Trials / Completed
CompletedNCT05954013
Advance Care Planning and Care Coordination for People With Parkinson's Disease
Evaluating the Clinical and Cost-effectiveness of a Combined Person-centred Intervention of Advance Care Planning (ACP) and Care Coordination for People With Parkinson's Disease and Their Family Caregiver(s)
- Status
- Completed
- Phase
- N/A
- Study type
- Interventional
- Enrollment
- 189 (actual)
- Sponsor
- Radboud University Medical Center · Academic / Other
- Sex
- All
- Age
- —
- Healthy volunteers
- Accepted
Summary
Background: People with Parkinson's disease (PD), including parkinsonisms, experience complex motor and non-motor symptoms, which become more hindering in the advanced stages of PD. Advance care planning (ACP) enables individuals to define goals and preferences for future medical treatment and serves to ensure that people receive treatment and care that is in line with their preferences during serious chronic illness.

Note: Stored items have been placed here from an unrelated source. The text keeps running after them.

//! The command `expect`: the Expected trades of an order log, as a trade log.
ghost use Rattle.std.specs.Prelude.{◌≡◌, ◌≤◌, List, None, IfOk, IsTrue};
ghost use Rattle.audit_base.specs.declared.records.OrderRecord.{OrderRecord};
ghost use Rattle.audit_base.specs.declared.terms.Which.{Which};
ghost use Rattle.audit_base.specs.Deals.{IsDealList};
ghost use Rattle.audit_base.specs.Expected.{IsExpected};
ghost use Rattle.audit_base.specs.RuleKinds.{has_table};
ghost use Rattle.audit_base.specs.Histories.{Regular};
ghost use Rattle.audit_base.specs.Orders.{OrdersInRange, HaveOwnKeys, IsOrderList};
ghost use Rattle.audit_base.specs.Rules.{Conforms};
ghost use Rattle.audit_base.specs.Verdicts as spec;
ghost use Rattle.instruction_history.specs.HistoryDraft.{IsHistoryDraft};
ghost use Rattle.log_source.specs.Collectors.{HasPlace};
ghost use Rattle.log_source.specs.Sources.{longest_read};
ghost use Rattle.log_verdict.specs.BothLogs.{StaysWithinAt};
ghost use Rattle.log_verdict.specs.Collecting.{TouchesOnly};
ghost use Rattle.command_run.specs.Deciding.{IsAnswerOfKind};
ghost use Rattle.audit_run.specs.Expecting.{IsConformingLog, IsLogOfOrders};
ghost use Rattle.command_run.specs.Deciding.{DecidesLog};
ghost use Rattle.audit_run.specs.OtherTexts.{ExpectsRecords, IsExpectAnswer};
ghost use Rattle.log_verdict.specs.Steps.{reading_by, KeepsShelfLogs};

use audit_base::faults::NoMemory;
use audit_base::names::Name;
use audit_base::orders::Deal;
use audit_base::ranges::trades_in_range;
use audit_base::terms::{Rule, VolumeRule, Which};
use call_laws::existence::extremes_exist;
use call_laws::laws::only_quantities;
use call_laws::optimum::maximum_trades_are_expected;
use canonical_form::trades::{trades_give_their_deals_back, trades_of_deals};
use command_run::answers::{Answer, done_answer, finding_answer, unread_answer};
use continuous_audit::expecting::continuous_matching;
use continuous_laws::laws::continuous_uniqueness;
use csv_logs::writers::write_trades;
use instruction_history::history_draft::{HistoryDraft, SymbolGhost};
use log_source::shelf::Shelf;
use log_verdict::reading::collect_orders;
use log_verdict::sources::Source;
use log_verdict::stops::Stop;
use maximum_audit::expecting::greatest_matching;
use order_list::lists::OrderList;
use record_verdict::judging::instant_finding_of_rule;
use record_verdict::laws::sound_trades_have_verdict;
use std::alloc::Global;
use std::marker::Brand;
use uniform_audit::expecting::expected_uniform;

/// The Expected trades of a rule that has such.
fn expected_deals(alloc: Global, rule: Rule, orders: &OrderList<'_>) -> Result<Vec<Deal>, NoMemory>
    requires rule { IsTrue (has_table rule) }
    requires order_list { IsOrderList orders.now }
    requires regular { Regular orders.now }
    ensures expected { IfOk result (λ deals. IsExpected rule orders.now deals.items) }
    ensures conforms { IfOk result (λ deals. Conforms rule orders.now deals.items) }
    ensures deal_list { IfOk result (λ deals. IsDealList orders.now deals.items) }
{
    // The rule that determines quantities and is none of these two is continuous trading.
    match rule.volume_rule() {
        Some(VolumeRule::Uniform) => expected_uniform(alloc, orders),
        Some(VolumeRule::Maximum) => greatest_matching(alloc, orders),
        None => continuous_matching(alloc, orders),
    }
}

/// The trade log of the Expected trades.
fn conforming_log(
    alloc: Global,
    rule: Rule,
    symbol: &Name,
    orders: &OrderList<'_>,
) -> Result<Vec<u8>, NoMemory>
    requires rule { IsTrue (has_table rule) }
    requires order_list { IsOrderList orders.now }
    requires regular { Regular orders.now }
    ensures { IfOk result (λ text. IsConformingLog rule symbol.now orders.now text.items) }
{
    let deals = expected_deals(alloc, rule, orders)?;
    let trades = trades_of_deals(alloc, orders, &deals, symbol)?;
    trades_in_range(&trades);
    let mut text = Vec::new(alloc);
    write_trades(alloc, &trades, &mut text)?;
    Ok(text)
}

/// The trade log of the Expected trades of a history, which an audit accepts.
fn expected_log(
    alloc: Global,
    rule: Rule,
    symbol: &Name,
    orders: &OrderList<'_>,
) -> Result<Vec<u8>, NoMemory>
    requires rule { IsTrue (has_table rule) }
    requires order_list { IsOrderList orders.now }
    requires regular { Regular orders.now }
    requires numbers { OrdersInRange orders.now }
    requires keys { HaveOwnKeys orders.now }
    requires admits { spec.instant_finding_of_rule rule orders.now ≡ None }
    ensures { IfOk result (λ text. IsLogOfOrders rule symbol.now orders.now text.items) }
{
    // Laws that the answer rests on. They compute nothing.
    trades_give_their_deals_back();
    extremes_exist();
    maximum_trades_are_expected();
    only_quantities();
    continuous_uniqueness();
    sound_trades_have_verdict();
    conforming_log(alloc, rule, symbol, orders)
}

/// The answer to the records of an order log.
fn answer_records<S: SymbolGhost>(
    alloc: Global,
    rule: Rule,
    symbol: &Name,
    draft: HistoryDraft<S>,
) -> Result<Answer, NoMemory>
    requires rule { IsTrue (has_table rule) }
    requires symbol { symbol.now ≡ S.symbol }
    requires place { HasPlace (IsHistoryDraft S.symbol) draft }
    ensures { IfOk result (λ answer. (entries : List OrderRecord)
        → IsHistoryDraft S.symbol draft entries
        → IsAnswerOfKind (ExpectsRecords rule symbol.now entries) answer) }
{
    let history = match draft.end() {
        Ok(history) => history,
        Err(finding) => return finding_answer(alloc, finding),
    };
    let orders = history.orders();
    match instant_finding_of_rule(rule, &orders) {
        Some(finding) => finding_answer(alloc, finding),
        None => Ok(done_answer(expected_log(alloc, rule, symbol, &orders)?)),
    }
}

/// The answer to `expect`, by the history of the symbol.
fn answer_about<S: SymbolGhost, F: Shelf>(
    alloc: Global,
    shelf: &mut F,
    rule: Rule,
    symbol: &Name,
    orders: &Source<'_>,
) -> Result<Answer, Stop>
    requires rule { IsTrue (has_table rule) }
    requires limit { orders.now.limit ≤ longest_read }
    requires symbol { symbol.now ≡ S.symbol }
    ensures logs { KeepsShelfLogs F.Shelf shelf.old shelf.new }
    ensures only { TouchesOnly (reading_by orders.now F.Shelf shelf.old shelf.new) Which.Orders }
    ensures decides { DecidesLog (reading_by orders.now F.Shelf shelf.old shelf.new)
        Which.Orders orders.now (IsExpectAnswer rule symbol.now) result }
    ensures within { StaysWithinAt (reading_by orders.now F.Shelf shelf.old shelf.new)
        Which.Orders result }
{
    let draft = HistoryDraft::<S>::new(alloc, orders.seed, *symbol);
    match collect_orders::<F, HistoryDraft<S>>(alloc, shelf, orders, draft) {
        Ok(draft) => Ok(answer_records(alloc, rule, symbol, draft)?),
        Err(unread) => unread_answer(alloc, Which::Orders, unread),
    }
}

/// The answer to `expect`: the trade log of the Expected trades; or that of the bad place or
/// the finding for which there are none.
pub(crate) fn answer_expect<F: Shelf>(
    alloc: Global,
    shelf: &mut F,
    rule: Rule,
    symbol: &Name,
    orders: &Source<'_>,
) -> Result<Answer, Stop>
    requires rule { IsTrue (has_table rule) }
    requires limit { orders.now.limit ≤ longest_read }
    ensures logs { KeepsShelfLogs F.Shelf shelf.old shelf.new }
    ensures only { TouchesOnly (reading_by orders.now F.Shelf shelf.old shelf.new) Which.Orders }
    ensures decides { DecidesLog (reading_by orders.now F.Shelf shelf.old shelf.new)
        Which.Orders orders.now (IsExpectAnswer rule symbol.now) result }
    ensures within { StaysWithinAt (reading_by orders.now F.Shelf shelf.old shelf.new)
        Which.Orders result }
{
    answer_about::<Brand, F>(alloc, shelf, rule, symbol, orders)
}
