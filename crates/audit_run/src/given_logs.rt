//! What two logs give the commands that read both, as `command_run` speaks of it.
use audit_report::verdicts::Verdict;
use command_run::given_logs::GivenByLogs;
use record_verdict::before_rule::BeforeRule;
use record_verdict::questions::Question;
use record_verdict::scopes::Scope;

/// Two logs give the verdict on a question.
pub struct GivenVerdict;

impl GivenByLogs for GivenVerdict {
    ghost use Rattle.std.specs.Prelude.{◌≡◌};
    ghost use Rattle.audit_report.specs.declared.verdicts.Verdict.TheVariants.{Malformed};
    ghost use Rattle.record_verdict.specs.RecordVerdicts.{IsRecordVerdict};

    type Given = (Question, Verdict);

    ghost of_records = { λ given entries paired. IsRecordVerdict given.0 entries paired given.1 };

    ghost of_bad = { λ given log bad. given.1 ≡ Malformed log bad };
}

/// The records of two logs give what is known in a scope before a rule is looked at.
pub struct GivenBeforeRule;

impl GivenByLogs for GivenBeforeRule {
    ghost use Rattle.record_verdict.specs.BeforeRule.{IsBeforeRule};

    type Given = (Scope, BeforeRule);

    ghost of_records = { λ given entries paired. IsBeforeRule given.0 entries paired given.1 };

    ghost of_bad = { λ given log bad. ⊥ };
}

The effectiveness of ACP for PD is currently unknown. Methods: The investigators will evaluate the effectiveness of a multicenter, open-label randomized controlled trial, with a parallel group design in seven European countries (Austria, Estonia, Germany, Greece, Italy, Sweden and United Kingdom). The "PD\_Pal intervention" comprises (1) several consultations with a trained nurse who will perform ACP conversations and support care coordination and (2) use of a patient-directed "Parkinson Support Plan-workbook". The intervention group will be compared to a care-as-usual group. Documented ACP-decisions in the medical records/patient's central file assessed at 6 months after baseline will be the primary endpoint. Secondary endpoints include patients' and family caregivers' quality of life, perceived care coordination, patients' symptom burden, and cost-effectiveness. Assessments will take place at baseline, 6 months after baseline and 12 months after baseline. In parallel, we will perform a process evaluation, to understand the feasibility of the intervention. Hypothesis: The investigators hypothesize that the PD\_Pal intervention will result in an increased number of participants with ACP documentation in the medical records/patient's central file, as compared to care-as-usual. Secondly, the investigators expect that, due to the PD\_Pal intervention, patients and their FC will experience better care coordination, better quality of life, a reduced patient symptom burden and the FC will experience a reduction in caregiver burden.
Conditions
Interventions
| Type | Name | Description |
|---|---|---|
| BEHAVIORAL | PD_Pal intervention | The PD\_Pal intervention will be delivered by a nurse that is specifically trained to deliver the PD\_Pal intervention, i.e. the PD\_Pal nurse. In the PD\_Pal intervention, the patient, family caregiver and PD\_Pal nurse complete four steps wherein they discuss and compose a: 1) Individual care plan; 2) Proactive care plan; 3) Quality of life and end-of-life plan and; 4) Coordination and revision plan. Together these steps lead to the Parkinson Support Plan. To facilitate patients in taking these steps, all patients receive a Parkinson Support Plan workbook. This workbook consists of information and questions aligned with the four steps. Patients can utilize this workbook before, during, or after the conversations with the PD\_Pal nurse. |
Timeline
- Start date
- 2020-08-06
- Primary completion
- 2023-03-17
- Completion
- 2023-03-17
- First posted
- 2023-07-20
- Last updated
- 2023-07-20
Locations
7 sites across 7 countries: Austria, Estonia, Germany, Greece, Italy, Sweden, United Kingdom
Source: ClinicalTrials.gov record NCT05954013. Inclusion in this directory is not an endorsement.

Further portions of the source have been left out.